Since taking over from Pete Rozelle as commissioner of the National Football League, Roger Goodell has made sure that any holes he’s found in the NFL’s gigantic dyke get themselves plugged.
If there is something wrong with the league, whether it’s player behaviour or rules that make little sense, Goodell has been a fixer. He’ll punish idiots who act-out off the field and on and he’ll fix the messes left by GMs and coaches who attend competition committee meetings and pass stupid rules simply as a way to get a leg up on their competition.
Earlier this week, Goodell told the competition committee that he was unhappy with a rule that was really, really stupid and needed to be amended. The Commish said he was going to make “an administrative change” before the post-season began in order to prevent the type of mistake which occurred on Sunday in Pittsburgh from ever happening again.
The change would allow the referee on the field to consult with the replay booth more than once on any specific play.

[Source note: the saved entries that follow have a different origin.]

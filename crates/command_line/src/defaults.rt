//! The values of options that are not given, as the help texts say them.

use std::net::Ipv4Addr;

/// The realm.
pub const REALM: &str = "relay";

/// The number of slots.
pub const SLOTS: usize = 16;

/// The relayed IPv4 address of a replay, that of the loopback interface.
pub const RELAY_IP: Ipv4Addr = Ipv4Addr::LOCALHOST;

/// The IPv4 address that sockets are bound to, that of the loopback interface.
pub const LISTEN: Ipv4Addr = Ipv4Addr::LOCALHOST;

/// The relayed port of slot 0, the first of those for private use (RFC 6335, section 6).
pub const FIRST_PORT: u16 = 49152;

/// The nonce of a replay.
pub const NONCE: &str = "n1";

/// The bytes of each socket's buffers.
pub const BUFFER: i32 = 4194304;

/// The seconds after which a nonce is replaced.
pub const NONCE_LIFETIME: u64 = 3600;

/// The most bytes of a record.
pub const RECORD_LIMIT: u64 = 1_073_741_824;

As it is, the referee can talk with the booth only once. That’s stupid. Joe Aiello and I discussed this earlier in the week on 92-CITI-FM. It’s perhaps the dumbest rule in a rulebook filled with dumb rules, but it once again makes clear that the NFL, and especially the NFL’s officials, don’t understand the point of replay.

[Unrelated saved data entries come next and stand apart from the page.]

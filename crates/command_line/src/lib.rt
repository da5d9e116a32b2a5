//! Parses the command line of relayd.
#![tactic(auto)]

mod arguments;
pub mod defaults;
mod lines;
mod matches;
mod relayed;
mod values;

ghost use Rattle.std.specs.Prelude.{◌≡◌, true, false, IfOk};
ghost use Rattle.clap.specs.Words.{has_subcommand};
ghost use Rattle.command_line.specs.Commands.{IsLocal, RequiresSubcommand};

use crate::arguments::{ArgumentWords, SUBCOMMANDS, SubcommandWords, Takes};
use clap::{Arg, ArgAction, ArgMatches, Command, Error};
pub use lines::{OptionFault, OptionWords, option_of_line};
pub use matches::subcommand_of;
pub use relayed::{RelayedError, relayed_ip, relayed_ip6};
use std::alloc::{AllocError, Global};
use std::convert::AsStr;
use std::net::{Ipv4Addr, Ipv6Addr};
pub use values::OptionError;

/// What `--version` prints: the version, and the kit whose prover and compiler made the program.
const VERSION: &str = "0.1.0, proved by rattle-kit-13f";

/// What `--help` says of the whole command.
const ABOUT: &str =
    "A TURN relay whose forwarding rules are loaded programs of the BPF instruction set

The exit status is 0 for success, 1 for a refusal or a run that is stuck, 2 for a wrong command line,
3 for a file, an output or a socket that can't be used, and 4 where memory runs out.";

/// The options that set up a relay. Those that have a default have it where they are not given, and the others are
/// `None`.
#[derive(Clone, Copy, Debug)]
pub struct Options<'a> {
    /// The realm; `relay` by default.
    pub realm: &'a str,
    /// The users, each as `NAME:PASSWORD`, in the order in which they are given.
    pub users: Option<&'a [&'a str]>,
    /// The file that has further users.
    pub users_file: Option<&'a str>,
    /// The file that has the secret of time-limited credentials.
    pub secret_file: Option<&'a str>,
    /// The file of users that are revoked.
    pub revoked_file: Option<&'a str>,
    /// The number of slots; 16 by default.
    pub slots: usize,
    /// How many allocations a user may have at once; `None` is not to limit them.
    pub user_slots: Option<usize>,
    /// The relayed IPv4 address.
    pub relay_ip: Option<Ipv4Addr>,
    /// The relayed IPv6 address.
    pub relay_ip6: Option<[u8; 16]>,
    /// The relayed port of the first slot; 49152 by default.
    pub first_port: u16,
    /// The file of the program for clients' datagrams.
    pub client: Option<&'a str>,
    /// The file of the program for peers' datagrams.
    pub peer: Option<&'a str>,
    /// The addresses that count as others where it is asked whether a peer is permitted, each as `A=B`, in the order in
    /// which they are given.
    pub same_as: Option<&'a [&'a str]>,
}

/// The options of a server alone. Those that have a default have it where they are not given, and the others are
/// `None`.
#[derive(Clone, Copy, Debug)]
pub struct ServerOptions<'a> {
    /// The UDP port for clients.
    pub port: u16,
    /// How many rounds are made before the end; `None` is to serve until the process is stopped.
    pub rounds: Option<u64>,
    /// The IPv4 address that the sockets are bound to; 127.0.0.1 by default.
    pub listen: Ipv4Addr,
    /// The IPv6 address that further sockets of the slots are bound to.
    pub listen6: Option<Ipv6Addr>,
    /// The bytes of each socket's buffers, 1 to 2^30 - 1; 4194304 by default.
    pub buffer: i32,
    /// Whether other processes may serve the same port.
    pub reuse_port: bool,
    /// The networks that nothing is sent to, in the order in which they are given.
    pub deny: Option<&'a [&'a str]>,
    /// The networks that are sent to, in the order in which they are given.
    pub allow: Option<&'a [&'a str]>,
    /// The ports at which the server's own addresses are peers, as `49152-53247`; those of its slots by default.
    pub relayed_ports: Option<&'a str>,
    /// The seconds after which a new nonce is drawn, at least 1; 3600 by default.
    pub nonce_lifetime: u64,
    /// The seconds between two lines of counters, at least 1; `None` is to print none.
    pub stats: Option<u64>,
    /// The file that the metrics are written to; `None` is to write none.
    pub metrics: Option<&'a str>,
    /// The file that is made of the server's events; `None` is to record none.
    pub record: Option<&'a str>,
    /// The most bytes of that file; 1073741824 by default.
    pub record_limit: u64,
    /// Whether allocations and refused credentials are printed.
    pub log: bool,
    /// Whether the programs may send to and from peers that clients haven't permitted.
    pub unconfined: bool,
    /// The file of a program that runs beside that for clients' datagrams, and decides nothing.
    pub shadow_client: Option<&'a str>,
    /// The file of a program that runs beside that for peers' datagrams, and decides nothing.
    pub shadow_peer: Option<&'a str>,
}

/// The options of a replay alone. Those that have a default have it where they are not given, and the others are
/// `None`.
#[derive(Clone, Copy, Debug)]
pub struct ReplayOptions<'a> {
    /// The file of the events; `-` is standard input.
    pub events: &'a str,
    /// The first nonce; `n1` by default.
    pub nonce: &'a str,
    /// Whether the reason of each answer is printed.
    pub why: bool,
    /// Whether the programs are confined to the peers that clients have permitted.
    pub confine: bool,
    /// The line whose run is printed in place of the answers.
    pub trace: Option<u64>,
    /// Whether it is printed what of the programs the events met.
    pub cover: bool,
    /// The source map of the program for clients' datagrams.
    pub client_lines: Option<&'a str>,
    /// The source map of the program for peers' datagrams.
    pub peer_lines: Option<&'a str>,
    /// The file of a program for clients' datagrams whose answers are compared.
    pub against: Option<&'a str>,
    /// The file of a program for peers' datagrams whose answers are compared.
    pub against_peer: Option<&'a str>,
}

/// What a program that is traced gets beside the datagram, as texts. Each is `None` where it is not given.
#[derive(Clone, Copy, Debug, PartialEq, Eq)]
pub struct TraceOptions<'a> {
    /// The side that the datagram comes from.
    pub side: Option<&'a str>,
    /// The address and the port that it comes from.
    pub source: Option<&'a str>,
    /// The transaction id.
    pub tx: Option<&'a str>,
    /// The addresses that the client's allocation permits, in the order in which they are given.
    pub permits: Option<&'a [&'a str]>,
    /// The channels of the client's allocation, each as `N=A:P`, in the order in which they are given.
    pub channels: Option<&'a [&'a str]>,
}

/// The files of a program that is traced and of its source map, and the datagram in hexadecimal digits; without one it
/// is empty.
#[derive(Clone, Copy, Debug)]
pub struct Traced<'a> {
    pub file: &'a str,
    pub data: Option<&'a str>,
    pub lines: Option<&'a str>,
}

/// The files of a program that is written.
#[derive(Clone, Copy, Debug)]
pub struct NewFiles<'a> {
    pub input: &'a str,
    pub output: &'a str,
    /// The file that the source map is written to, if it is.
    pub lines: Option<&'a str>,
}

/// A subcommand of relayd, with the values of its arguments. `lines` is the file of a source map: one that is read,
/// whose lines are printed beside the slots of the program, or one that is written.
#[derive(Clone, Copy, Debug)]
pub enum Subcommand<'a> {
    /// Verify the program in a file.
    Verify {
        file: &'a str,
        lines: Option<&'a str>,
    },
    /// Print what the verifier knows of the program in a file, or why it refuses it. `slot` is the slot whose states
    /// are printed, and `None` stands for all.
    Explain {
        file: &'a str,
        slot: Option<usize>,
        lines: Option<&'a str>,
    },
    /// Draw the blocks of the program in a file and its jumps.
    Graph {
        file: &'a str,
        lines: Option<&'a str>,
    },
    /// Run the program in a file over a datagram and print each step. `given` is what else the program gets.
    Trace {
        traced: Traced<'a>,
        given: TraceOptions<'a>,
    },
    /// Assemble the text in a file, and write the program to another.
    Assemble {
        files: NewFiles<'a>,
    },
    /// Put the program in a file in an order in which every jump leads forward, and write the program to another.
    /// `from` is the source map of the program in the first file, and `None` stands for its slots.
    Order {
        files: NewFiles<'a>,
        from: Option<&'a str>,
    },
    /// Print the program in a file as text, with the slot of each instruction where `slots` says so.
    Disassemble {
        file: &'a str,
        slots: bool,
        lines: Option<&'a str>,
    },
    /// Replay the events in a file through a relay, and print each answer.
    Replay {
        replay: ReplayOptions<'a>,
        options: Options<'a>,
    },
    /// Serve clients and peers over UDP sockets.
    Serve {
        server: ServerOptions<'a>,
        options: Options<'a>,
    },
    /// Check a server, an address or a name with a port, as a client does. `user` is a name and a password with a colon
    /// between them, and `None` is to make no allocation.
    Check {
        server: &'a str,
        user: Option<&'a str>,
    },
}

/// Returns an argument.
fn arg<'a>(alloc: Global, argument: &ArgumentWords) -> Arg<'a>
    ensures { result.global ≡ false }
{
    let arg = Arg::new(alloc, argument.name).help(argument.help);
    match argument.takes {
        Takes::Word(value) => arg.value_name(value).required(true).action(ArgAction::Set),
        Takes::NeededValue(value) => arg
            .long(argument.name)
            .value_name(value)
            .required(true)
            .action(ArgAction::Set),
        Takes::Value(value) => arg
            .long(argument.name)
            .value_name(value)
            .action(ArgAction::Set),
        Takes::Values(value) => arg
            .long(argument.name)
            .value_name(value)
            .action(ArgAction::Append),
        Takes::Nothing => arg.long(argument.name).action(ArgAction::SetTrue),
    }
}

/// Adds arguments to a subcommand.
fn with_arguments<'a>(
    alloc: Global,
    command: Command<'a>,
    arguments: &[ArgumentWords],
) -> Result<Command<'a>, AllocError>
    requires { IsLocal command }
    ensures { IfOk result IsLocal }
{
    let mut command = command;
    for argument in arguments {
        command = command.arg(arg(alloc, argument))?;
    }
    Ok(command)
}

/// Returns a subcommand.
fn command_of<'a>(alloc: Global, words: &SubcommandWords) -> Result<Command<'a>, AllocError>
    ensures { IfOk result IsLocal }
{
    let command = Command::new(alloc, words.name).about(words.about);
    let command = with_arguments(alloc, command, words.arguments)?;
    with_arguments(alloc, command, words.shared)
}

/// Returns the command without its subcommands. With no word after its name it answers with the help.
/// See docs/DECISIONS.md, "The help where no command is given".
fn bare<'a>(alloc: Global) -> Command<'a>
    ensures { RequiresSubcommand result }
{
    Command::new(alloc, "relayd")
        .about(ABOUT)
        .version(VERSION)
        .arg_required_else_help(true)
        .subcommand_required(true)
}

/// Returns the whole command.
fn relayd<'a>(alloc: Global) -> Result<Command<'a>, AllocError>
    ensures { IfOk result RequiresSubcommand }
{
    let mut command = bare(alloc);
    for words in &SUBCOMMANDS {
        command = command.subcommand(command_of(alloc, words)?)?;
    }
    Ok(command)
}

/// Parses the words of a command line, of which the first is the program's name. Where it accepts them, a subcommand is
/// there.
/// See docs/DESIGN.md, "Command lines are clap's".
///
/// # Errors
/// Returns an error where a word is wrong or missing, where the words request a help text, and where
/// memory runs out.
pub fn line<'a, S: AsStr>(alloc: Global, words: &'a [S]) -> Result<ArgMatches<'a>, Error>
    ensures present { IfOk result (λ m. has_subcommand m ≡ true) }
{
    relayd(alloc)?.try_get_matches_from(words)
}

Replay doesn’t exist to second guess officials. It exists as a tool for officials — good ones or bad ones — to make the right call.
Early Sunday evening, when the Pittsburgh Steelers had a touchdown called back because referee Scott Greene was allowed to be a complete bonehead (or a sufferer of sudden football blindness), it cost gamblers and fanatsy players millions of dollars.

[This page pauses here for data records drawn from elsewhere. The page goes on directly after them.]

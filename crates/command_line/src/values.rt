//! The values that the texts of options spell. Each function returns `None` where the option is not given, and refuses
//! a text that spells none.

ghost use Rattle.std.specs.Prelude.{◌≡◌, ◌^◌, IfOk, IfErr};
ghost use Rattle.std.specs.Net.Grammar.{IsIpv4Text, IsIpv6Text};
ghost use Rattle.command_line.specs.Values.{AreOctets6, HasValue, IsBuffer, IsDecimal, IsRefusedValue, IsSeconds, text_of};

use hex::FromHex;
use std::net::{Ipv4Addr, Ipv6Addr};
use thiserror::Error;

/// The most bytes of a buffer that the system can be asked for: it takes twice as many.
const MOST_BUFFER: u64 = 0x3fff_ffff;

/// A text that spells no value of its option. Displays as the line for standard error.
#[derive(Clone, Copy, Debug, PartialEq, Eq, Error)]
#[error("error: invalid value '{text}' for '{option}'")]
pub struct OptionError<'a> {
    /// The option, as the help text writes it.
    pub option: &'static str,
    /// The text.
    pub text: &'a str,
}

/// Parses the number of an option, in decimal digits, below 2^64.
pub(crate) fn number<'a>(
    option: &'static str,
    text: Option<&'a str>,
) -> Result<Option<u64>, OptionError<'a>>
    ensures value { IfOk result (HasValue (IsDecimal (2 ^ 64)) (text_of text.entry)) }
    ensures refused { IfErr result (IsRefusedValue option.entry.now (IsDecimal (2 ^ 64)) (text_of text.entry)) }
{
    let Some(text) = text else {
        return Ok(None);
    };
    match text.parse() {
        Ok(number) => Ok(Some(number)),
        Err(_) => Err(OptionError { option, text }),
    }
}

/// Parses the number of slots of an option, or its slot, in decimal digits, below 2^64.
pub(crate) fn slots<'a>(
    option: &'static str,
    text: Option<&'a str>,
) -> Result<Option<usize>, OptionError<'a>>
    ensures value { IfOk result (HasValue (IsDecimal (2 ^ 64)) (text_of text.entry)) }
    ensures refused { IfErr result (IsRefusedValue option.entry.now (IsDecimal (2 ^ 64)) (text_of text.entry)) }
{
    let Some(text) = text else {
        return Ok(None);
    };
    match text.parse() {
        Ok(slots) => Ok(Some(slots)),
        Err(_) => Err(OptionError { option, text }),
    }
}

/// Parses the port of an option, in decimal digits, below 65,536.
pub(crate) fn port<'a>(
    option: &'static str,
    text: Option<&'a str>,
) -> Result<Option<u16>, OptionError<'a>>
    ensures value { IfOk result (HasValue (IsDecimal (2 ^ 16)) (text_of text.entry)) }
    ensures refused { IfErr result (IsRefusedValue option.entry.now (IsDecimal (2 ^ 16)) (text_of text.entry)) }
{
    let Some(text) = text else {
        return Ok(None);
    };
    match text.parse() {
        Ok(port) => Ok(Some(port)),
        Err(_) => Err(OptionError { option, text }),
    }
}

/// Parses the IPv4 address of an option: four decimal numbers below 256, without needless zeros, with dots between
/// them.
pub(crate) fn ip<'a>(
    option: &'static str,
    text: Option<&'a str>,
) -> Result<Option<Ipv4Addr>, OptionError<'a>>
    ensures value { IfOk result (HasValue IsIpv4Text (text_of text.entry)) }
    ensures refused { IfErr result (IsRefusedValue option.entry.now IsIpv4Text (text_of text.entry)) }
{
    let Some(text) = text else {
        return Ok(None);
    };
    match text.parse() {
        Ok(ip) => Ok(Some(ip)),
        Err(_) => Err(OptionError { option, text }),
    }
}

/// Parses the IPv6 address of an option, as RFC 4291, section 2.2, writes it.
pub(crate) fn ip6<'a>(
    option: &'static str,
    text: Option<&'a str>,
) -> Result<Option<Ipv6Addr>, OptionError<'a>>
    ensures value { IfOk result (HasValue IsIpv6Text (text_of text.entry)) }
    ensures refused { IfErr result (IsRefusedValue option.entry.now IsIpv6Text (text_of text.entry)) }
{
    let Some(text) = text else {
        return Ok(None);
    };
    match text.parse() {
        Ok(ip) => Ok(Some(ip)),
        Err(_) => Err(OptionError { option, text }),
    }
}

/// Parses the 16 bytes of the IPv6 address of an option, written in 32 hexadecimal digits of either case.
pub(crate) fn octets6<'a>(
    option: &'static str,
    text: Option<&'a str>,
) -> Result<Option<[u8; 16]>, OptionError<'a>>
    ensures value { IfOk result (HasValue AreOctets6 (text_of text.entry)) }
    ensures refused { IfErr result (IsRefusedValue option.entry.now AreOctets6 (text_of text.entry)) }
{
    let Some(text) = text else {
        return Ok(None);
    };
    match <[u8; 16] as FromHex>::from_hex(text) {
        Ok(octets) => Ok(Some(octets)),
        Err(_) => Err(OptionError { option, text }),
    }
}

/// Parses the seconds of an option, in decimal digits, at least 1 and below 2^64.
pub(crate) fn seconds<'a>(
    option: &'static str,
    text: Option<&'a str>,
) -> Result<Option<u64>, OptionError<'a>>
    ensures value { IfOk result (HasValue IsSeconds (text_of text.entry)) }
    ensures refused { IfErr result (IsRefusedValue option.entry.now IsSeconds (text_of text.entry)) }
{
    let Some(text) = text else {
        return Ok(None);
    };
    match text.parse() {
        Ok(seconds) if seconds > 0 => Ok(Some(seconds)),
        _ => Err(OptionError { option, text }),
    }
}

/// Parses the bytes of a buffer, in decimal digits, at least 1 and below 2^30.
pub(crate) fn buffer<'a>(
    option: &'static str,
    text: Option<&'a str>,
) -> Result<Option<i32>, OptionError<'a>>
    ensures value { IfOk result (HasValue IsBuffer (text_of text.entry)) }
    ensures refused { IfErr result (IsRefusedValue option.entry.now IsBuffer (text_of text.entry)) }
{
    let Some(text) = text else {
        return Ok(None);
    };
    let parsed: Result<u64, _> = text.parse();
    match parsed {
        Ok(bytes @ 1..=MOST_BUFFER) => Ok(Some(bytes as i32)),
        _ => Err(OptionError { option, text }),
    }
}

Goodell, to his credit, knows that football’s gambling component and that continent full of fantasy games, have helped the NFL reach the pinnacle of all sports leagues in the United States. The last thing Goodell needs to do is piss those people off.
Scott Greene might get himself in trouble if he ever shows up in Vegas. People there were ready to take out his knees after he took Troy Polamalu’s touchdown off the board. That game should have ended 18-10, not 11-10, and those who bet on Pittsburgh should have won and been paid. So what if the NFL’s official stance is that gambling is bad. Gambling has made the NFL what it is today.
In the meantime, Goodell needs to make replay work because heaven knows the officials don’t make all the correct calls. His directive to the competition committee was the right one.